Each entry below must appear in the answer exactly as written.

=-=-=-=-=

// This file has what the tests of lists, samples, listings and tables share: rows with the items that are
// due, such as reports, which are written into rooms of any size, and where memory is refused.

use crate::tests::shared::{OUT_OF_MEMORY, Row, loaded};
use ptb_explore::ExploreFault;
use ptb_machine::Line;
use ptb_text::Program;
use std::alloc::Global;
use std::io::Print;
use std::process::Abort;
use std::test::Fail;

/// A program with the lines of its input, and where memory is from.
#[derive(Drop)]
pub(crate) struct Source {
    pub(crate) alloc: Global,
    pub(crate) program: Program,
    pub(crate) lines: Vec<Line>,
}

/// The program of a text, and the lines of an input; or why there are none.
pub(crate) fn source_of(alloc: Global, text: &str, input: &str) -> Result<Source, &'static str> {
    let (program, lines) = loaded(alloc, text, input)?;
    Ok(Source {
        alloc,
        program,
        lines,
    })
}

/// What a call writes of the runs of a program: some items.
pub(crate) trait Writing {
    /// Writes them into a room; how many items it wrote, even if it fails.
    fn write(&self, source: &Source, room: &mut [u8]) -> Result<u64, ExploreFault>;
}

/// A program, its input, what is written of its runs, and the items that are due.
pub(crate) struct Written<W>(
    pub(crate) &'static str,
    pub(crate) &'static str,
    pub(crate) W,
    pub(crate) &'static [&'static str],
);

// The most bytes of the items of a row.
const MOST: usize = 400;

// How many bytes items have together.
fn size_of(items: &[&str]) -> usize {
    let mut size: usize = 0;
    for item in items {
        size = size.saturating_add(item.len());
    }
    size
}

// How many items are complete in a room that has a prefix of all; `None` where it has something else.
fn whole_items(room: &[u8], items: &[&str]) -> Option<usize> {
    let mut rest = room;
    let mut count: usize = 0;
    for item in items {
        rest = match rest.strip_prefix(item.as_bytes()) {
            Some(after) => after,
            None if item.as_bytes().starts_with(rest) => return Some(count),
            None => return None,
        };
        count = count.saturating_add(1);
    }
    if rest.is_empty() { Some(count) } else { None }
}

/// Whether this is the result of a call that wrote into this room, as far as it has room.
pub(crate) fn is_result(written: Result<u64, ExploreFault>, room: &[u8], items: &[&str]) -> bool {
    match whole_items(room, items) {
        Some(count) if count == items.len() => written == Ok(count as u64),
        Some(count) => written == Err(ExploreFault::Write(count as u64)),
        None => false,
    }
}

// Whether a row is written into a room of so many bytes.
fn is_written_in<W: Writing>(source: &Source, row: &Written<W>, size: usize) -> bool {
    let mut room = [b'.'; MOST];
    if size > MOST {
        return false;
    }
    let written = row.2.write(source, &mut room[..size]);
    is_result(written, &room[..size], row.3)
}

// The items are written where there is just enough room; where there is less, a prefix of them is.
impl<W: Writing> Row<Global> for Written<W> {
    fn holds(&self, alloc: &Global) -> bool {
        let Ok(source) = source_of(*alloc, self.0, self.1) else {
            return false;
        };
        for size in 0..=size_of(self.3) {
            if !is_written_in(&source, self, size) {
                return false;
            }
        }
        true
    }
}

// Whether a room has dots alone.
fn are_dots(room: &[u8]) -> bool {
    for byte in room {
        if *byte != b'.' {
            return false;
        }
    }
    true
}

/// Whether a room of dots has just these items.
pub(crate) fn has_just(room: &[u8], items: &[&str]) -> bool {
    let mut rest = room;
    for item in items {
        rest = match rest.strip_prefix(item.as_bytes()) {
            Some(after) => after,
            None => return false,
        };
    }
    are_dots(rest)
}

/// Whether a room of dots has as many items as were written, or were before memory was refused.
pub(crate) fn is_begun(written: Result<u64, ExploreFault>, room: &[u8], items: &[&str]) -> bool {
    let count = match written {
        Ok(count) if count == items.len() as u64 => count,
        Err(ExploreFault::Memory(count)) => count,
        _ => return false,
    };
    match items.get(..count as usize) {
        Some(first) => has_just(room, first),
        None => false,
    }
}

/// After how many items memory was refused, if it was.
pub(crate) fn refused_after(written: Result<u64, ExploreFault>) -> Option<u64> {
    match written {
        Err(ExploreFault::Memory(count)) => Some(count),
        _ => None,
    }
}

// The items of a row, or where memory is refused, those that are counted; after how many it was.
fn begun<W: Writing>(alloc: Global, row: &Written<W>) -> Result<Option<u64>, &'static str> {
    let source = match source_of(alloc, row.0, row.1) {
        Ok(source) => source,
        Err(why) if why == OUT_OF_MEMORY => return Ok(None),
        Err(why) => return Err(why),
    };
    let mut room = [b'.'; MOST];
    let written = row.2.write(&source, &mut room);
    if is_begun(written, &room, row.3) {
        Ok(refused_after(written))
    } else {
        Err("other items")
    }
}

/// Says after how many items memory was refused, if it was.
pub(crate) fn tell<R: Abort + Print>(rt: &R, refused: Option<u64>) -> Result<(), Fail> {
    if let Some(count) = refused {
        println!(rt; "refused after {count}")?;
    }
    Ok(())
}

/// All items of a row are written, or where memory is refused, just those that are counted.
pub(crate) fn expect_begun<R: Abort + Print, W: Writing>(
    rt: &R,
    alloc: Global,
    row: &Written<W>,
) -> Result<(), Fail> {
    let refused = begun(alloc, row)?;
    tell(rt, refused)
}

=-=-=-=-=

*Exercise output:*
// This file has what the tests of lists, samples, listings and tables share: rows with the items that are
// due, such as reports, which are written into rooms of any size, and where memory is refused.

use crate::tests::shared::{OUT_OF_MEMORY, Row, loaded};
use ptb_explore::ExploreFault;
use ptb_machine::Line;
use ptb_text::Program;
use std::alloc::Global;
use std::io::Print;
use std::process::Abort;
use std::test::Fail;

/// A program with the lines of its input, and where memory is from.
#[derive(Drop)]
pub(crate) struct Source {
    pub(crate) alloc: Global,
    pub(crate) program: Program,
    pub(crate) lines: Vec<Line>,
}

/// The program of a text, and the lines of an input; or why there are none.
pub(crate) fn source_of(alloc: Global, text: &str, input: &str) -> Result<Source, &'static str> {
    let (program, lines) = loaded(alloc, text, input)?;
    Ok(Source {
        alloc,
        program,
        lines,
    })
}

/// What a call writes of the runs of a program: some items.
pub(crate) trait Writing {
    /// Writes them into a room; how many items it wrote, even if it fails.
    fn write(&self, source: &Source, room: &mut [u8]) -> Result<u64, ExploreFault>;
}

/// A program, its input, what is written of its runs, and the items that are due.
pub(crate) struct Written<W>(
    pub(crate) &'static str,
    pub(crate) &'static str,
    pub(crate) W,
    pub(crate) &'static [&'static str],
);

// The most bytes of the items of a row.
const MOST: usize = 400;

// How many bytes items have together.
fn size_of(items: &[&str]) -> usize {
    let mut size: usize = 0;
    for item in items {
        size = size.saturating_add(item.len());
    }
    size
}

// How many items are complete in a room that has a prefix of all; `None` where it has something else.
fn whole_items(room: &[u8], items: &[&str]) -> Option<usize> {
    let mut rest = room;
    let mut count: usize = 0;
    for item in items {
        rest = match rest.strip_prefix(item.as_bytes()) {
            Some(after) => after,
            None if item.as_bytes().starts_with(rest) => return Some(count),
            None => return None,
        };
        count = count.saturating_add(1);
    }
    if rest.is_empty() { Some(count) } else { None }
}

/// Whether this is the result of a call that wrote into this room, as far as it has room.
pub(crate) fn is_result(written: Result<u64, ExploreFault>, room: &[u8], items: &[&str]) -> bool {
    match whole_items(room, items) {
        Some(count) if count == items.len() => written == Ok(count as u64),
        Some(count) => written == Err(ExploreFault::Write(count as u64)),
        None => false,
    }
}

// Whether a row is written into a room of so many bytes.
fn is_written_in<W: Writing>(source: &Source, row: &Written<W>, size: usize) -> bool {
    let mut room = [b'.'; MOST];
    if size > MOST {
        return false;
    }
    let written = row.2.write(source, &mut room[..size]);
    is_result(written, &room[..size], row.3)
}

// The items are written where there is just enough room; where there is less, a prefix of them is.
impl<W: Writing> Row<Global> for Written<W> {
    fn holds(&self, alloc: &Global) -> bool {
        let Ok(source) = source_of(*alloc, self.0, self.1) else {
            return false;
        };
        for size in 0..=size_of(self.3) {
            if !is_written_in(&source, self, size) {
                return false;
            }
        }
        true
    }
}

// Whether a room has dots alone.
fn are_dots(room: &[u8]) -> bool {
    for byte in room {
        if *byte != b'.' {
            return false;
        }
    }
    true
}

/// Whether a room of dots has just these items.
pub(crate) fn has_just(room: &[u8], items: &[&str]) -> bool {
    let mut rest = room;
    for item in items {
        rest = match rest.strip_prefix(item.as_bytes()) {
            Some(after) => after,
            None => return false,
        };
    }
    are_dots(rest)
}

/// Whether a room of dots has as many items as were written, or were before memory was refused.
pub(crate) fn is_begun(written: Result<u64, ExploreFault>, room: &[u8], items: &[&str]) -> bool {
    let count = match written {
        Ok(count) if count == items.len() as u64 => count,
        Err(ExploreFault::Memory(count)) => count,
        _ => return false,
    };
    match items.get(..count as usize) {
        Some(first) => has_just(room, first),
        None => false,
    }
}

/// After how many items memory was refused, if it was.
pub(crate) fn refused_after(written: Result<u64, ExploreFault>) -> Option<u64> {
    match written {
        Err(ExploreFault::Memory(count)) => Some(count),
        _ => None,
    }
}

// The items of a row, or where memory is refused, those that are counted; after how many it was.
fn begun<W: Writing>(alloc: Global, row: &Written<W>) -> Result<Option<u64>, &'static str> {
    let source = match source_of(alloc, row.0, row.1) {
        Ok(source) => source,
        Err(why) if why == OUT_OF_MEMORY => return Ok(None),
        Err(why) => return Err(why),
    };
    let mut room = [b'.'; MOST];
    let written = row.2.write(&source, &mut room);
    if is_begun(written, &room, row.3) {
        Ok(refused_after(written))
    } else {
        Err("other items")
    }
}

/// Says after how many items memory was refused, if it was.
pub(crate) fn tell<R: Abort + Print>(rt: &R, refused: Option<u64>) -> Result<(), Fail> {
    if let Some(count) = refused {
        println!(rt; "refused after {count}")?;
    }
    Ok(())
}

/// All items of a row are written, or where memory is refused, just those that are counted.
pub(crate) fn expect_begun<R: Abort + Print, W: Writing>(
    rt: &R,
    alloc: Global,
    row: &Written<W>,
) -> Result<(), Fail> {
    let refused = begun(alloc, row)?;
    tell(rt, refused)
}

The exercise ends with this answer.